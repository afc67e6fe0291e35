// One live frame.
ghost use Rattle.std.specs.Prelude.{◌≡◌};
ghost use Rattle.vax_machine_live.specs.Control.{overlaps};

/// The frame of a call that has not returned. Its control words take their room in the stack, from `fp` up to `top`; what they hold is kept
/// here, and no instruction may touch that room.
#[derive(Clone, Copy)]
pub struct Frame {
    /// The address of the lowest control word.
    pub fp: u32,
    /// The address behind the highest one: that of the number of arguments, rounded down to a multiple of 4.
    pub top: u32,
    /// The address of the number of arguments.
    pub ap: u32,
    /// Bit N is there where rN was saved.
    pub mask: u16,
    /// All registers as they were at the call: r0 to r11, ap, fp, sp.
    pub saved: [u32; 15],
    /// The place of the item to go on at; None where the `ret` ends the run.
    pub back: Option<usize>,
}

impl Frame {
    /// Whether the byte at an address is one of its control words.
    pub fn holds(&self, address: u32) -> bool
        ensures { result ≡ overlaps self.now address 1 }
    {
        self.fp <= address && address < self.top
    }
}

====================

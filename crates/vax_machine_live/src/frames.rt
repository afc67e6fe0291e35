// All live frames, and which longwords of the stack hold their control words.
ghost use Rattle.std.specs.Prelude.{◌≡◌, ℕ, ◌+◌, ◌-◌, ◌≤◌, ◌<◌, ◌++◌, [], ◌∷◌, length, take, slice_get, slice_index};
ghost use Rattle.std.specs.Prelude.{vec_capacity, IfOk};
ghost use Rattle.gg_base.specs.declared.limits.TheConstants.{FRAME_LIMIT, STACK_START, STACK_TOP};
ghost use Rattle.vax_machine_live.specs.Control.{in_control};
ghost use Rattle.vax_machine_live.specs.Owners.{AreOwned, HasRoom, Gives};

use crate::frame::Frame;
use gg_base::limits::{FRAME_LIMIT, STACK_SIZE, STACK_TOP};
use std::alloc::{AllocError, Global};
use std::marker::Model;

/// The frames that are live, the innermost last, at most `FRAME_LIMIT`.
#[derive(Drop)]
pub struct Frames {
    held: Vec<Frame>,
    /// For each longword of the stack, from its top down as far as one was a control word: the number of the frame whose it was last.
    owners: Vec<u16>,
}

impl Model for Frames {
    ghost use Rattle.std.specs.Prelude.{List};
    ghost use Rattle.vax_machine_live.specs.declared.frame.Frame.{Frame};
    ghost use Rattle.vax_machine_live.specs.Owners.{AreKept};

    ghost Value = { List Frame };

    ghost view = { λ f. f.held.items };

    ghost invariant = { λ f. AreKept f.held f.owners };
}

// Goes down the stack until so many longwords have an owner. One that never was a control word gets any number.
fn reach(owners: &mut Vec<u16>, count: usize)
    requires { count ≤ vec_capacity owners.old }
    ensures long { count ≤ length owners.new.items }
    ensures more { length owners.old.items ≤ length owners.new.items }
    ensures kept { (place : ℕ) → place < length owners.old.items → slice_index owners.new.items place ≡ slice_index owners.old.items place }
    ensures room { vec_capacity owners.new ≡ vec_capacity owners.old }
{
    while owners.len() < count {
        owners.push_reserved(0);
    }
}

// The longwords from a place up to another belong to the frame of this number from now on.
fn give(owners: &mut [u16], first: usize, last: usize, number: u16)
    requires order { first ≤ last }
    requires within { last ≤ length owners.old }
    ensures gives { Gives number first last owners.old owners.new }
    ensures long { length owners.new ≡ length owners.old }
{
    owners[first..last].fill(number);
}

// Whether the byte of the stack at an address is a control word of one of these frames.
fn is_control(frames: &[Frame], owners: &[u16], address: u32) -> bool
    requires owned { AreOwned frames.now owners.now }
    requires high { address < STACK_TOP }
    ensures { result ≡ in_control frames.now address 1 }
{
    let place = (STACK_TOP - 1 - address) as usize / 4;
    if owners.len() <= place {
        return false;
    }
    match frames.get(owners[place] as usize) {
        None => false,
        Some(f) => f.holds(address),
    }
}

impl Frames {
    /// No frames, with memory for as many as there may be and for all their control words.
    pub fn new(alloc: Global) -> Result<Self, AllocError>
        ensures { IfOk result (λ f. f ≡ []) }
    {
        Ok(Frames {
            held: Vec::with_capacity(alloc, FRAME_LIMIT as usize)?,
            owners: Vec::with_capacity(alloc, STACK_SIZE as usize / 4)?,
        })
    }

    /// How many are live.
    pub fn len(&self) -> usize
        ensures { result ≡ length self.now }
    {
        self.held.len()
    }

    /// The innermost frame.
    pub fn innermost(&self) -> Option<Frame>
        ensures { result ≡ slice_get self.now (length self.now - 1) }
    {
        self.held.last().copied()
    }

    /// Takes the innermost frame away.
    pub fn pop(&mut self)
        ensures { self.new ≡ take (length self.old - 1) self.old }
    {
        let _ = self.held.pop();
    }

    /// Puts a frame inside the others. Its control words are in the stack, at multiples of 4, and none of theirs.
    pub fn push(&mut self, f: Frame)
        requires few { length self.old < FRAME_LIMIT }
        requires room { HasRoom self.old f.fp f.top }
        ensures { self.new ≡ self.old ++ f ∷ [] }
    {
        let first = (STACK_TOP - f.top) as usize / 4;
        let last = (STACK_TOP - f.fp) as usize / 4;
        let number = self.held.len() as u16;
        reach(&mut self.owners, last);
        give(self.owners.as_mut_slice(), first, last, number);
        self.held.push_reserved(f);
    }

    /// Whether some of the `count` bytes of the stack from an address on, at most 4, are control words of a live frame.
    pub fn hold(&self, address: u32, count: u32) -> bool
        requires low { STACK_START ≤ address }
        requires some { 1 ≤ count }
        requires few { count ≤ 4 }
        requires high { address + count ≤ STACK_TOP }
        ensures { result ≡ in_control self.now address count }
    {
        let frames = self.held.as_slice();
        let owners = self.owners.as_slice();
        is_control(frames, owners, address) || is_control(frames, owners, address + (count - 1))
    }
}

====================

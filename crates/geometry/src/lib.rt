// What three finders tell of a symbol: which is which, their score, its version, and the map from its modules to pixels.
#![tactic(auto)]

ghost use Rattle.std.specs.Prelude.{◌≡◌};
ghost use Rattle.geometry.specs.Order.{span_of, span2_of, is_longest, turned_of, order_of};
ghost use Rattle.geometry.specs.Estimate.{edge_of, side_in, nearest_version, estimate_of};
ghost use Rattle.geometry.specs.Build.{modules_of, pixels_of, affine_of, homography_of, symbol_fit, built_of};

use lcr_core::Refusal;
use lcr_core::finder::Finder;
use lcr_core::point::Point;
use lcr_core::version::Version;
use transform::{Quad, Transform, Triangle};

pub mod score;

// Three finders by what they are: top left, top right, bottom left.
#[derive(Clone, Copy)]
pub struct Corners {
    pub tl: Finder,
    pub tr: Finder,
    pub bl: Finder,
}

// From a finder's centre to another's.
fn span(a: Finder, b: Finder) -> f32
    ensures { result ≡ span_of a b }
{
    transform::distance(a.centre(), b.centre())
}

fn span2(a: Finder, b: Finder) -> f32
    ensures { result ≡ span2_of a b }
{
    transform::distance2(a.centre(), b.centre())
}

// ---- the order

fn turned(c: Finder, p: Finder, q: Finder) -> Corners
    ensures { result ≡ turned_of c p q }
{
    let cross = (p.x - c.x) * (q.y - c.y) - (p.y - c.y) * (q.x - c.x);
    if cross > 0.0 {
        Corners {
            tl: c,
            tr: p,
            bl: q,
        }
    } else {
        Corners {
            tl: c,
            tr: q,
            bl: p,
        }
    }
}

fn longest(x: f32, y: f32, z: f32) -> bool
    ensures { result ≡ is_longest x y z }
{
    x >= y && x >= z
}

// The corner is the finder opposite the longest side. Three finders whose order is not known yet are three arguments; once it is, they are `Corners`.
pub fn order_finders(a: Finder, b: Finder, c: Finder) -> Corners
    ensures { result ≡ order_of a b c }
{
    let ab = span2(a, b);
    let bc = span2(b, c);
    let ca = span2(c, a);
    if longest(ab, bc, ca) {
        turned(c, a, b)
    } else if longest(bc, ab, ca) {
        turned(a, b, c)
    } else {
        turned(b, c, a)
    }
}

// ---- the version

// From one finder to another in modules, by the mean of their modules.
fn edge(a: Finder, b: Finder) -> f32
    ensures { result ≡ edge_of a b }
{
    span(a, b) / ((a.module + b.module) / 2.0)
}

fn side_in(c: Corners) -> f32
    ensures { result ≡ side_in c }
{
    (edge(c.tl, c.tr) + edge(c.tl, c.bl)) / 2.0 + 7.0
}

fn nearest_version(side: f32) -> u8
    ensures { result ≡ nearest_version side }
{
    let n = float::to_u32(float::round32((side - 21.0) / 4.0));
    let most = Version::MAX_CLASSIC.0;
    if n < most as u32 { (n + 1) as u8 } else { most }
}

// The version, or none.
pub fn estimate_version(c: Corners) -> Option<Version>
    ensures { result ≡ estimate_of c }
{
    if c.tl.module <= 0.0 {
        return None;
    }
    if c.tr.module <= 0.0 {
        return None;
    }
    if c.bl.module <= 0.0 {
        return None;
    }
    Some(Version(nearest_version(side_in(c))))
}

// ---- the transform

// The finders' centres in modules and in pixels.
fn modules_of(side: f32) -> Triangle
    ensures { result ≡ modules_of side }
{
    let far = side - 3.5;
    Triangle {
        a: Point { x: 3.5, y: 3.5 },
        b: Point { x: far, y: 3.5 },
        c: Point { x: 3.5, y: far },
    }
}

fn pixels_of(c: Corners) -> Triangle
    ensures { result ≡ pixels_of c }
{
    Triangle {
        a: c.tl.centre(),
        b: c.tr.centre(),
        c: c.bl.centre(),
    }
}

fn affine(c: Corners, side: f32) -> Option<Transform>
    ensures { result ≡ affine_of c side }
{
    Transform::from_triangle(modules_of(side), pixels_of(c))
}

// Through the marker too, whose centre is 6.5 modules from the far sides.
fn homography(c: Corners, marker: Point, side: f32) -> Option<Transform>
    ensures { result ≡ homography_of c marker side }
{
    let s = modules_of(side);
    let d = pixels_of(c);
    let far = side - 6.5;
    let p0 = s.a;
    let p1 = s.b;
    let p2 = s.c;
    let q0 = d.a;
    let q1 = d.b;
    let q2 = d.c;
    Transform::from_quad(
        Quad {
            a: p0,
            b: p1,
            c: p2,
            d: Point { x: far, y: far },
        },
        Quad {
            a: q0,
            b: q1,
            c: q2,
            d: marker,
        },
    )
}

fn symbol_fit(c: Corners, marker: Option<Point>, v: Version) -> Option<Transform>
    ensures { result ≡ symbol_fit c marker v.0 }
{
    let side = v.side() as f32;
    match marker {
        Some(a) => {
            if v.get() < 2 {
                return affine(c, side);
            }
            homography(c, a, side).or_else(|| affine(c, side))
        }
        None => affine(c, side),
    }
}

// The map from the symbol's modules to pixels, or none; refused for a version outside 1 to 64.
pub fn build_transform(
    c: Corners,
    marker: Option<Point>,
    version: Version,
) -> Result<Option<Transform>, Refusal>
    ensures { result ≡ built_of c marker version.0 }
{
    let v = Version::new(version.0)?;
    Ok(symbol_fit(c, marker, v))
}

====================

> _Your objective_:
All that is wanted is the stretch of lines above from the one containing "result ≡ is_longest" through the one containing "pub fn order_finders(a: Finder, b: Finder, c: Finder)", duplicated exactly.

> _Reply_:
    ensures { result ≡ is_longest x y z }
{
    x >= y && x >= z
}

// The corner is the finder opposite the longest side. Three finders whose order is not known yet are three arguments; once it is, they are `Corners`.
pub fn order_finders(a: Finder, b: Finder, c: Finder) -> Corners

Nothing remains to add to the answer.